Once it is said out loud, it can't be put back. You're both in relationships. Has he DC too.
After reading your previous thread on this, I think this will be a disaster.

Wheresthebeach · 26/11/2018 13:22

What are you hoping to gain?

That he feels the same way and you both fall into each others arms?

If you don't love your other half have the decency to end the relationship now. If your 'friend' becomes romantically free then by all means pursue it, but while he's in a relationship leave him alone.

It seems like you want the security of knowing he'll be there if you leave your partner. No way to treat either of the men in your life.

Seriously your partner deserves to be someone's first choice, not just a comfort while you fantasise about another man.

CaliHummers · 26/11/2018 13:26

I just feel terribly sad, anxious and confused about the whole thing and I know that his wisdom and soothing words would make everything better.

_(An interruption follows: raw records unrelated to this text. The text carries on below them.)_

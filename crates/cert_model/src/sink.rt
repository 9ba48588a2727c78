//! Who takes rows.

ghost use Rattle.std.specs.Prelude.{◌≡◌, ◌++◌, List, [], ◌∷◌, map, OnOk};
ghost use Rattle.cert_model.specs.Rows.{CertRow};
ghost use Rattle.cert_model.specs.Views.{row_as};
ghost use Rattle.cert_model.specs.Taken.{more_rows};

use crate::row::Row;
use std::alloc::AllocError;

/// Takes the rows of a certificate one by one, as a list or a text does.
///
/// `ready` is that it can take a row, and `takes` what it is once it took these rows, in their order.
pub trait RowSink {
    ghost ready: { Self → Type 0 };

    ghost takes: { Self → List CertRow → Self → Type 0 };

    /// Takes a row, after those that it took.
    ///
    /// # Errors
    ///
    /// Out of memory; then nothing is said of what it holds.
    fn put(&mut self, row: Row) -> Result<(), AllocError>
        requires { ready self.old }
        ensures ready { OnOk result (ready self.new) }
        ensures takes { OnOk result (takes self.old (row_as row ∷ []) self.new) };

    ghost more: { (a b c : Self) (rows more : List CertRow) → takes a rows b → takes b more c
        → takes a (rows ++ more) c };
}

impl RowSink for Vec<Row> {
    ghost ready = { λ _. Unit {0} };

    ghost takes = { λ v rows w. map row_as w.items ≡ map row_as v.items ++ rows };

    ghost more = { λ a b c rows more first next. more_rows (map row_as a.items) (map row_as b.items)
        (map row_as c.items) rows more first next };

    fn put(&mut self, row: Row) -> Result<(), AllocError> {
        self.push(row)?;
        Ok(())
    }
}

They wouldn't though. He can't offer dispassionate words of wisdom if you tell him you're attracted to him. You'd just throw a bomb into your relationship with your friend and your relationship with your partner. Potentially your friend's relationship with his partner too.

I would sit back and assess your own relationship first. Once you've worked that out you'll be better placed to think about how you feel about your friend.

daisychain01 · 26/11/2018 13:29

Are you planning to act on your feelings, if you decide to tell your friend? It sounds like you want to bring things to a head.

If so, you need to do the decent thing and get out of the relationship you're in. Anything else and you're living a lie, to your partner, to this friend, and to yourself.

PocketRocket83 · 26/11/2018 13:30

MaiaRindell I think he's very fond of me. I don't know how he feels. Sometimes I think he feels the same but maybe that's just me projecting. Either way, we have become very close friends.

OP posts:
PocketRocket83 · 26/11/2018 13:30

It would possibly ruin our friendship greendale17.

OP posts:
PocketRocket83 · 26/11/2018 13:33

He's never said anything really InDubiousBattle but there are small signs. He says he's never had such intimate chats with anyone before, he tells me that he really likes me as a person, he says that I'm beautiful (indirectly), he calls me a lot, I seem to make him happy, he keeps smiling when we part. Just small signs that could mean nothing.